[[ Records provided, beginning ]]

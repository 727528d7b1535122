//! The top call: one run of the checker.
//!
//! `gocheck` reads the words of the command, loads the module below ROOT with the stub packages that it reaches
//! below ROOT2, checks it, and writes the text of its report to a sink; its answer is the status that the run
//! ends with.
#![tactic(auto)]

mod laws;
mod run;
mod words;

pub use laws::one_run;
pub use run::gocheck;

#[cfg(test)]
mod tests;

[[ Records provided, end ]]

What the exercise asks: Look through the listing and extract every line with "that" in it.

Response below:
//! `gocheck` reads the words of the command, loads the module below ROOT with the stub packages that it reaches
//! below ROOT2, checks it, and writes the text of its report to a sink; its answer is the status that the run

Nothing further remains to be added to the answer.